> **Recorded information**
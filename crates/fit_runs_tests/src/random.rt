// Scripts of up to forty pseudorandom events, with pseudorandom choice bytes. Each is run, and its answers are checked with the table.

ghost use Rattle.std.specs.Prelude.{◌≤◌};

use crate::direct;
use crate::table::is_history;
use fit_activity::{FIELDS, SAMPLE_FIELDS};
use fit_disk::{Memory, Which};
use fit_histories::world::run;
use fit_histories::{Answer, Command};
use fit_recorder::RecFault;
use fit_runs::{play, simulate};
use fit_scripts::{parse_script, read_script};
use std::alloc::{AllocError, Global};
use std::process::Abort;
use std::test::Fail;

// How many histories are tried. A hundred times as many take a minute, which is more than a test has in the gate.
const HISTORIES: u32 = 10_000;

// How many scripts are replayed.
const REPLAYS: u32 = 2_000;

// The most choice bytes.
const MOST: usize = 256;

// A setting: its key with what stands before the digits, and its number.
type Setting = (&'static str, u32);

fn one(alloc: Global, (key, number): Setting) -> Result<String, AllocError> {
    format!(in alloc; " {key}{number}")
}

fn pair(
    alloc: Global,
    (key, number): Setting,
    (other, second): Setting,
) -> Result<String, AllocError> {
    format!(in alloc; " {key}{number} {other}{second}")
}

// The line of a word and a number.
fn numbered(alloc: Global, word: &str, number: u32) -> Result<String, AllocError> {
    format!(in alloc; "{word} {number}\n")
}

// A pseudorandom sequence, the same in each run.
#[derive(Drop)]
struct Noise {
    last: u32,
    // The time of the last start, and of the last entry that was meant to fit.
    start: u32,
    now: u32,
    // Whether a recorder runs, if no call fails.
    rides: bool,
}

impl Noise {
    fn new(last: u32) -> Noise {
        Noise {
            last,
            start: 0,
            now: 0,
            rides: false,
        }
    }

    fn next(&mut self) -> u32 {
        let first = self.last ^ (self.last << 13);
        let second = first ^ (first >> 17);
        self.last = second ^ (second << 5);
        self.last
    }

    // A number below this one, or 0 if there is none.
    fn below(&mut self, end: u32) -> u32 {
        let drawn = self.next() >> 7;
        if end == 0 { 0 } else { drawn % end }
    }

    fn one_in(&mut self, count: u32) -> bool {
        self.below(count) == 0
    }

    // A time that often fits.
    fn time(&mut self) -> u32 {
        let limit = self.start.saturating_add(4_000_000);
        match self.below(60) {
            0 => self.now.saturating_sub(1),
            1 => limit.saturating_add(1),
            2 => u32::MAX,
            3 => 5,
            4 if self.one_in(4) => limit,
            _ => {
                self.now = self.now.saturating_add(self.below(4));
                self.now
            }
        }
    }

    // One or two settings of a sample, or none.
    fn setting(&mut self, alloc: Global) -> Result<String, AllocError> {
        match self.below(16) {
            0 => pair(alloc, ("lat=", self.below(9)), ("long=-", self.below(9))),
            1 => one(alloc, ("alt=", self.below(65_537).min(65_535))),
            2..5 => one(alloc, ("hr=", self.below(240))),
            5 => pair(alloc, ("hr=", 255), ("cad=", 255)),
            6 => pair(alloc, ("cad=", self.below(200)), ("temp=-", self.below(20))),
            7..11 => one(alloc, ("dist=", self.next() >> 12)),
            11 => pair(
                alloc,
                ("speed=", self.below(9000)),
                ("power=", self.below(900)),
            ),
            12 if self.one_in(3) => one(alloc, ("temp=", 127)),
            13 | 14 => self.any_setting(alloc),
            _ => Ok(String::new(alloc)),
        }
    }

    // A setting of any field of a sample, sometimes with its invalid value.
    fn any_setting(&mut self, alloc: Global) -> Result<String, AllocError> {
        let place = self.below(FIELDS as u32) as usize;
        let (_, base, key) = SAMPLE_FIELDS[place.min(FIELDS - 1)];
        let invalid = base.invalid();
        let number = if self.one_in(6) {
            invalid
        } else {
            u64::from(self.next()) % (invalid / 2).max(1)
        };
        format!(in alloc; " {key}={number}")
    }

    // The line of a start.
    fn start(&mut self, alloc: Global) -> Result<String, AllocError> {
        let time = self.time();
        self.start = time;
        self.rides = true;
        let sport = match self.below(3) {
            0 => "generic",
            1 => "running",
            _ => "cycling",
        };
        format!(in alloc; "start {time} {} {sport}\n", self.below(1000))
    }

    // The number of a call that will fail.
    fn call(&mut self) -> u32 {
        let most = if self.one_in(2) { 12 } else { 40 };
        self.below(most).saturating_add(1)
    }

    // The line of a sample.
    fn sample(&mut self, alloc: Global) -> Result<String, AllocError> {
        let setting = self.setting(alloc)?;
        format!(in alloc; "sample {}{setting}\n", self.time())
    }

    // The line of an event that is likely while a recorder runs.
    fn line_of_a_ride(&mut self, alloc: Global) -> Result<String, AllocError> {
        match self.below(40) {
            0..19 => self.sample(alloc),
            19..22 => numbered(alloc, "lap", self.time()),
            22..25 => numbered(alloc, "pause", self.time()),
            25..29 => numbered(alloc, "resume", self.time()),
            29..38 => format!(in alloc; "commit\n"),
            _ => {
                self.rides = false;
                numbered(alloc, "stop", self.time())
            }
        }
    }

    // The line of an event that is likely while none runs. Each ends a recorder that runs.
    fn line_between(&mut self, alloc: Global) -> Result<String, AllocError> {
        let drawn = self.below(24);
        if drawn < 6 {
            return self.start(alloc);
        }
        self.rides = matches!(drawn, 16..20);
        let word = match drawn {
            6..8 => "restart",
            8..12 => "recover",
            12..16 => "erase",
            16..20 => "reopen",
            _ => "power",
        };
        format!(in alloc; "{word}\n")
    }

    // The line of any event.
    fn line(&mut self, alloc: Global) -> Result<String, AllocError> {
        match self.below(20) {
            0 => numbered(alloc, "fail", self.call()),
            1 => numbered(alloc, "cut", self.call()),
            2 if self.rides => self.line_between(alloc),
            2 => self.line_of_a_ride(alloc),
            _ if self.rides => self.line_of_a_ride(alloc),
            _ => self.line_between(alloc),
        }
    }

    // A script, which mostly begins with a start.
    fn script(&mut self, alloc: Global) -> Result<String, AllocError> {
        self.now = 1_000_000_000;
        self.start = self.now;
        self.rides = false;
        let mut script = String::new(alloc);
        if !self.one_in(8) {
            script.push_str(self.start(alloc)?.as_str())?;
        }
        for _ in 0..self.below(40) {
            script.push_str(self.line(alloc)?.as_str())?;
        }
        Ok(script)
    }

    // Fills some of the choices: all open gates, all FF, noise, or noise with many open gates and zeros in it. Returns how many.
    fn choose(&mut self, choices: &mut [u8; MOST]) -> usize
        ensures { result ≤ 256 }
    {
        let kind = self.below(5);
        let given = (self.below(257) as usize).min(MOST);
        for choice in &mut choices[..given] {
            let [first, second, _, _] = self.next().to_le_bytes();
            *choice = match kind {
                0 => 0xA5,
                1 => 0xFF,
                2 => first,
                _ if second % 4 == 0 => 0xA5,
                _ if second % 4 == 1 => 0,
                _ => first,
            };
        }
        given
    }
}

// How often each answer was seen, so that none is left out, and the least number of calls of the device that they take.
#[derive(Clone, Copy, Debug)]
struct Seen {
    done: u32,
    stopped: u32,
    recovered: u32,
    reopened: u32,
    no_recorder: u32,
    // By their numbers.
    faults: [u32; 9],
    refusals: [u32; 9],
    calls: u64,
}

const NOTHING: Seen = Seen {
    done: 0,
    stopped: 0,
    recovered: 0,
    reopened: 0,
    no_recorder: 0,
    faults: [0; 9],
    refusals: [0; 9],
    calls: 0,
};

// Counts one more of this number.
fn count_one(counts: &mut [u32; 9], number: u8) {
    if let Some(count) = counts.get_mut(usize::from(number)) {
        *count = count.saturating_add(1);
    }
}

// The least number of calls of the device for this answer. The numbers are those of the description; of a recovery those without the
// slots and the items; of a call that failed one.
fn least_calls(command: &Command, answer: &Answer) -> u64 {
    match (command, answer) {
        (Command::Start(_), Answer::Done) => 11,
        (Command::Start(_), Answer::Refused(RecFault::NotEmpty)) => 2,
        (Command::Entry(_), Answer::Done) => 1,
        (Command::Commit, Answer::Done) => 5,
        (Command::Reopen, Answer::Done) => 8,
        (Command::Erase, Answer::Done) => 3,
        (_, Answer::Stopped { .. }) => 9,
        (_, Answer::Recovered { .. }) => 8,
        (_, Answer::Refused(RecFault::NothingRecorded)) => 3,
        (_, Answer::Refused(RecFault::Device)) => 1,
        _ => 0,
    }
}

impl Seen {
    fn see(&mut self, command: &Command, answer: &Answer) {
        match answer {
            Answer::Done if *command == Command::Reopen => self.reopened = self
                .reopened
                .saturating_add(1),
            Answer::Done => self.done = self.done.saturating_add(1),
            Answer::Stopped { .. } => self.stopped = self.stopped.saturating_add(1),
            Answer::Recovered { .. } => self.recovered = self.recovered.saturating_add(1),
            Answer::NoRecorder => self.no_recorder = self.no_recorder.saturating_add(1),
            Answer::Refused(fault) => {
                count_one(&mut self.faults, fault.code());
                if let RecFault::Refused(refusal) = fault {
                    count_one(&mut self.refusals, refusal.code());
                }
            }
        }
        self.calls = self.calls.saturating_add(least_calls(command, answer));
    }

    // Whether each answer was seen that is possible with so few events, and no other: there is room, and nothing is damaged.
    fn has_all(&self) -> bool {
        let [
            _,
            not_empty,
            refused,
            full,
            journal_full,
            device,
            failed,
            nothing,
            damaged,
        ] = self.faults;
        let [
            _,
            time,
            distance,
            value,
            stopped,
            running,
            too_long,
            laps,
            ended,
        ] = self.refusals;
        let few = [
            not_empty, refused, device, failed, nothing, time, distance, value,
        ];
        let more = [
            stopped,
            running,
            too_long,
            ended,
            self.done,
            self.stopped,
            self.recovered,
            self.reopened,
            self.no_recorder,
        ];
        few.iter().all(|count| *count > 0)
            && more.iter().all(|count| *count > 0)
            && full == 0
            && journal_full == 0
            && damaged == 0
            && laps == 0
    }
}

// Runs a script by `world::run` and by direct calls, and checks the answers with the table.
fn try_script(
    rt: &impl Abort,
    alloc: Global,
    script: &str,
    choices: &[u8],
    seen: &mut Seen,
) -> Result<(), Fail> {
    let events = parse_script(alloc, script)?;
    let answers = run(alloc, events.as_slice(), choices)?;
    let (_, others) = direct::play(alloc, events.as_slice(), choices)?;
    assert!(rt;
        answers.as_slice() == others.as_slice(),
        "{script}{choices:?}"
    );
    assert!(rt;
        is_history(alloc, &events, &answers)?,
        "{script}{choices:?}"
    );
    for (event, answer) in events.iter().zip(&answers) {
        seen.see(&event.command, answer);
    }
    Ok(())
}

#[test]
fn random_histories_go_by_the_table(rt: HostRuntime) -> Result<(), Fail> {
    let mut noise = Noise::new(0x2545_F491);
    let mut choices = [0; MOST];
    let mut seen = NOTHING;
    for _ in 0..HISTORIES {
        let script = noise.script(rt.alloc())?;
        let given = noise.choose(&mut choices);
        let choices = &choices[..given];
        try_script(&rt, rt.alloc(), script.as_str(), choices, &mut seen)?;
    }
    assert!(rt; seen.has_all(), "{seen:?}");
    assert!(rt; seen.calls > 100_000, "{seen:?}");
    Ok(())
}

// The lines of a script without those that only a simulated disk can run.
fn replayed_lines(alloc: Global, script: &str) -> Result<String, AllocError> {
    let mut text = String::new(alloc);
    for line in script.lines() {
        let is_simulated = line.starts_with("fail")
            || line.starts_with("cut")
            || line.starts_with("power");
        if !is_simulated {
            text.push_str(line)?;
            text.push_str("\n")?;
        }
    }
    Ok(text)
}

// Asserts that a replay of a script prints these lines, so many of them refusals, and leaves this file.
fn expect_replay(
    rt: &impl Abort,
    alloc: Global,
    script: &str,
    lines: &[u8],
    refused: usize,
    file: &[u8],
) -> Result<(), Fail> {
    let events = read_script(alloc, script.as_bytes())?;
    let mut out = Vec::new(alloc);
    let (disk, played) = play(Memory::new(alloc), events.as_slice(), false, &mut out);
    assert_eq!(rt; played, Ok(refused), "{script}");
    assert!(rt; out.as_slice() == lines, "{script}");
    assert!(rt; disk.content(Which::Data) == file, "{script}");
    Ok(())
}

fn count_refused(answers: &[Answer]) -> usize {
    answers
        .iter()
        .filter(|answer| !answer.reply().is_ok())
        .count()
}

// Replays a script, and runs it by `world::run` and by direct calls: the lines, the refusals and the files are the same.
fn try_replay(rt: &impl Abort, alloc: Global, script: &str) -> Result<(), Fail> {
    let mut lines = Vec::new(alloc);
    simulate(alloc, script.as_bytes(), &[], false, &mut lines)?;
    let events = parse_script(alloc, script)?;
    let (file, answers) = direct::play(alloc, events.as_slice(), &[])?;
    let refused = count_refused(&answers);
    expect_replay(
        rt,
        alloc,
        script,
        lines.as_slice(),
        refused,
        file.as_slice(),
    )
}

#[test]
fn random_replays_answer_and_leave_what_a_run_does(rt: HostRuntime) -> Result<(), Fail> {
    let mut noise = Noise::new(0x9E37_79B9);
    for _ in 0..REPLAYS {
        let script = noise.script(rt.alloc())?;
        let lines = replayed_lines(rt.alloc(), script.as_str())?;
        try_replay(&rt, rt.alloc(), lines.as_str())?;
    }
    Ok(())
}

> **Problem statement**
Bring together all lines from the listing that contain the word "many".

> **Task solution**
// How many histories are tried. A hundred times as many take a minute, which is more than a test has in the gate.
// How many scripts are replayed.
    // Fills some of the choices: all open gates, all FF, noise, or noise with many open gates and zeros in it. Returns how many.
// Asserts that a replay of a script prints these lines, so many of them refusals, and leaves this file.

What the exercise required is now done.